This is more of an extended comment than an answer, but I figure that since the OP is interested in the computational aspect ("...I wrote a little script to calculate it..."), this might be of some interest. The following is adapted from Ole Østerby's unpublished manuscript.
As already noted, the OP's limit is equivalent to saying that
$\lim_{h\to 0}\frac{\sin\,\pi h}{h}=\pi$
where we identify $h$ with $2^{-n}$. That is, to borrow notation from David's answer (and taking $r=1$):
$b_n=2^n \sin\left(\frac{\pi}{2^n}\right)$
If we expand $\dfrac{\sin\,\pi h}{h}$ as a series, like so:
$\frac{\sin\,\pi h}{h}=\pi-\frac{\pi^3 h^2}{6}+\frac{\pi^5 h^4}{120}+\cdots$
we see that only even powers of $h$ occur in the expansion (as expected, since the function in question is even).
If we halve $h$ (equivalently, increase $n$), we have a slightly more accurate approximation of $\pi$. The upshot is that one can take an appropriate linear combination of $\dfrac{\sin\,\pi h}{h}$ and $\dfrac{\sin(\pi h/2)}{h/2}$ to yield an even better approximation to $\pi$:
$\frac13\left(\frac{4\sin(\pi h/2)}{h/2}-\frac{\sin\,\pi h}{h}\right)=\pi -\frac{\pi^5 h^4}{480}+\frac{\pi^7 h^6}{16128}+\cdots$
This game can be repeatedly played, by taking successive linear combinations of values corresponding to $h/2$, $h/4$, $h/8$... The method is known as Richardson extrapolation.
(I'll note that I have already brought up Richardson extrapolation in a number of my previous answers, like this one or this one.)
More explicitly, taking $T_n^{(0)}=b_n$, and performing the recursion
$T_j^{(n)}=T_{j}^{(n-1)}+\frac{T_{j}^{(n-1)}-T_{j-1}^{(n-1)}}{2^n-1}$
the "diagonal" sequence $T_n^{(n)}$ is a sequence that converges faster to $\pi$ than the sequence $b_n$. Christiaan Huygens used this approach (way before even Richardson considered his extrapolation method) to refine the Archimedean estimates from circumscribing and inscribing polygons.
Sundry Mathematica code:
Table[2^(n - 1)*Sqrt[2 - Nest[Sqrt[2 + #1] & , 0, n - 2]] == FunctionExpand[2^n*Sin[Pi/2^n]], {n, 2, 15}] {True, True, True, True, True, True, True, True, True, True, True, True, True, True}
This verifies the equivalence of the iterated square root and sine expression.

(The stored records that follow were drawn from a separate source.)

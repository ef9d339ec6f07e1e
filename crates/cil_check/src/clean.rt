//! Policies without faults of the kinds that are seen at one statement.

ghost use Rattle.std.specs.Prelude.{◌≡◌, ◌<◌, List, Some, true, length, slice_get, IsTrue};
ghost use Rattle.cil_check.specs.Common.{Placed, AreNumbersOf, kind_of, names_of, IsSeen, IsNoted, HasNoneBelow, IsCleanAt};
ghost use Rattle.cil_check.specs.Clean.{HaveActuals};
ghost use Rattle.cil_check.specs.Recent.{IsKnown};
ghost use Rattle.cil_check.specs.Kinds.{names_permissions as is_naming_kind, is_rule_of_set as is_rule_of_set_kind, is_plain as is_plain_kind};
ghost use Rattle.cil_parse.specs.declared.row.StatementKind.TheVariants.{TypeAttributeSet};

use crate::bound::Seen;
use crate::checker::{CHECKED, Checker};
use crate::kinds::Kind;
use crate::known::Known;
use cil_parse::StatementKind;
use std::alloc::Allocator;

/// Whether statements of a kind name permissions of a class, which is the last of their references.
fn names_permissions(kind: StatementKind) -> bool
    ensures { result ≡ is_naming_kind kind }
{
    matches!(
        kind,
        StatementKind::Rule(_) | StatementKind::RuleToSelf(_) | StatementKind::ClassPermissionSet
    )
}

/// Whether statements of a kind are rules that name a permission set.
fn is_rule_of_set(kind: StatementKind) -> bool
    ensures { result ≡ is_rule_of_set_kind kind }
{
    matches!(
        kind,
        StatementKind::RuleOfSet(_) | StatementKind::RuleToSelfOfSet(_)
    )
}

/// Whether statements of a kind can't have a fault of those that are seen at one statement.
fn is_plain(kind: StatementKind) -> bool
    ensures { result ≡ is_plain_kind kind }
{
    matches!(
        kind,
        StatementKind::Block
            | StatementKind::Optional
            | StatementKind::TypeName
            | StatementKind::TypeAlias
            | StatementKind::TypeAttribute
            | StatementKind::Common
            | StatementKind::ClassPermission
    )
}

impl<'p, 'm, A: Allocator + Copy> Checker<'p, 'm, A> {
    /// Whether a statement has no fault of the kinds that are seen at one statement, by going over
    /// the kinds.
    fn is_clean_at(&self, place: usize, seen: &Seen<'p, 'm, A>) -> bool
        requires { (policy : List Placed) × (s : Placed) × IsNoted self.now policy
            × IsSeen seen.now policy s × (slice_get policy place ≡ Some s) }
        ensures { IsTrue result → (policy : List Placed) (s : Placed) → IsNoted self.now policy
            → IsSeen seen.now policy s
            → AreNumbersOf self.now.bound.policy.now.names seen.now.words.now
            (names_of seen.now.«module».now)
            → slice_get policy place ≡ Some s → IsCleanAt policy place s }
    {
        for kind in CHECKED {
            let None = self.faulty_word(kind, place, seen) else {
                return false;
            };
        }
        true
    }

    /// Whether the statement of a place has no fault of those kinds, by its words.
    #[cold]
    #[inline(never)]
    fn is_clean_whole(&self, place: usize) -> bool
        requires { (policy : List Placed) × IsNoted self.now policy × (place < length policy) }
        ensures { IsTrue result → (policy : List Placed) (s : Placed) → IsNoted self.now policy
            → slice_get policy place ≡ Some s → IsCleanAt policy place s }
    {
        self.is_clean_at(place, &self.bound.seen(place))
    }

    /// Whether a set statement leads to an attribute, and all its references are bound, to no
    /// alias without an actual type.
    fn is_clean_set(&self, place: usize, aliases_set: bool) -> bool
        requires { (policy : List Placed) × IsNoted self.now policy × (place < length policy) }
        ensures { IsTrue result → (policy : List Placed) (s : Placed) → IsNoted self.now policy
            → slice_get policy place ≡ Some s → kind_of s.form ≡ TypeAttributeSet
            → (IsTrue aliases_set → HaveActuals self.now.bound.policy.now.kinds.items self.now.actuals)
            → IsCleanAt policy place s }
    {
        let bound = self.bound.references(place);
        let Some(first) = bound.place(0) else {
            return false;
        };
        if !self.bound.is(first, Kind::Attribute) {
            return false;
        }
        if self.is_settled(place, aliases_set) {
            return true;
        }
        self.are_sound_by(aliases_set, place, &bound)
    }

    /// Whether a statement that names permissions of a class has no missing word and no alias
    /// without an actual type. Other faults it can't have.
    #[inline(always)]
    fn is_clean_naming(&self, place: usize, aliases_set: bool, known: &mut Known<A>) -> bool
        requires { (policy : List Placed) × (s : Placed) × IsNoted self.now policy
            × (slice_get policy place ≡ Some s) × (is_naming_kind (kind_of s.form) ≡ true) }
        ensures clean { IsTrue result → (policy : List Placed) (s : Placed)
            → IsNoted self.now policy → slice_get policy place ≡ Some s
            → is_naming_kind (kind_of s.form) ≡ true
            → (IsTrue aliases_set → HaveActuals self.now.bound.policy.now.kinds.items self.now.actuals)
            → IsKnown self.now policy known.old → IsCleanAt policy place s }
        ensures known { (policy : List Placed) (s : Placed) → IsNoted self.now policy
            → slice_get policy place ≡ Some s → is_naming_kind (kind_of s.form) ≡ true
            → IsKnown self.now policy known.old → IsKnown self.now policy known.new }
    {
        if self.is_settled(place, aliases_set) {
            return true;
        }
        let bound = self.bound.references(place);
        let Some(class) = bound.last() else {
            return false;
        };
        if !self.are_sound_by(aliases_set, place, &bound) {
            return false;
        }
        self.has_listed(place, class, known)
    }

    /// Whether a rule of a permission set has all its references bound, to no alias without an
    /// actual type. It names no permissions, and other faults it can't have.
    fn is_clean_rule_of_set(&self, place: usize) -> bool
        requires { (policy : List Placed) × IsNoted self.now policy × (place < length policy) }
        ensures { IsTrue result → (policy : List Placed) (s : Placed) → IsNoted self.now policy
            → slice_get policy place ≡ Some s → is_rule_of_set_kind (kind_of s.form) ≡ true
            → IsCleanAt policy place s }
    {
        self.are_sound_at(place)
    }

    /// Whether the statement of a place has no fault of the kinds that are seen at one statement, by
    /// whether no alias lacks an actual type. Its kind tells which it can have: those of most are
    /// told by what its references are bound to, and only others are looked at whole.
    #[inline(always)]
    fn is_clean_by(&self, place: usize, aliases_set: bool, known: &mut Known<A>) -> bool
        requires { (policy : List Placed) × IsNoted self.now policy × (place < length policy) }
        ensures clean { IsTrue result → (policy : List Placed) (s : Placed)
            → IsNoted self.now policy → slice_get policy place ≡ Some s
            → (IsTrue aliases_set → HaveActuals self.now.bound.policy.now.kinds.items self.now.actuals)
            → IsKnown self.now policy known.old → IsCleanAt policy place s }
        ensures known { (policy : List Placed) → IsNoted self.now policy
            → IsKnown self.now policy known.old → IsKnown self.now policy known.new }
    {
        let kind = self.bound.kind(place);
        if names_permissions(kind) {
            return self.is_clean_naming(place, aliases_set, known);
        }
        if is_plain(kind) {
            return true;
        }
        if is_rule_of_set(kind) {
            return self.is_clean_rule_of_set(place);
        }
        if let StatementKind::TypeAttributeSet = kind {
            return self.is_clean_set(place, aliases_set);
        }
        self.is_clean_whole(place)
    }

    /// Whether no statement has a fault of the kinds 42 to 47: one pass over the policy for all of
    /// them.
    #[inline(never)]
    pub(crate) fn is_clean(&self, alloc: A) -> bool
        requires { (policy : List Placed) × IsNoted self.now policy }
        ensures { IsTrue result → (policy : List Placed) → IsNoted self.now policy
            → HasNoneBelow 48 policy }
    {
        let aliases_set = self.have_actuals();
        let mut known = Known::new(alloc);
        for i in 0..self.bound.len() {
            if !self.is_clean_by(i, aliases_set, &mut known) {
                return false;
            }
        }
        true
    }
}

Here is an implementation of the application of Richardson extrapolation to the computation of $\pi$:
huygensPi[n_Integer, prec_: MachinePrecision] := Module[{f = 1, m, res, s, ta}, res = {ta[1] = s = N[2, prec]}; Do[ If[k > 1, s = s/(2 + Sqrt[4 - s])]; f *= 2; ta[k + 1] = f Sqrt[s]; m = 1; Do[m *= 2; ta[j] = ta[j + 1] + (ta[j + 1] - ta[j])/(m - 1);, {j, k, 1, -1}]; res = {res, ta[1]};, {k, n - 1}]; Flatten[res]]
Note that I used a stabilized version of the recursion for generating the $b_n$ (f Sqrt[s]
in the code) to minimize errors from subtractive cancellation.
Here's a sample run, where I generate 10 successive approximations to 25 significant digits:
huygensPi[10, 25] - Pi {2.000000000000000000000000, 3.656854249492380195206755, 3.173725640962868268333725, 3.13944246625722809089242, 3.14157581875151427853903, 3.14159291451874033422144, 3.14159265388327967181647, 3.14159265358866759077617, 3.14159265358979303435864, 3.14159265358979323865872}
where the $10$-th approximant is good to 19 digits. By comparison, $b_{10}=2^{10}\sin\left(\dfrac{\pi}{2^{10}}\right)= 3.1415877\dots$ is only good to five digits.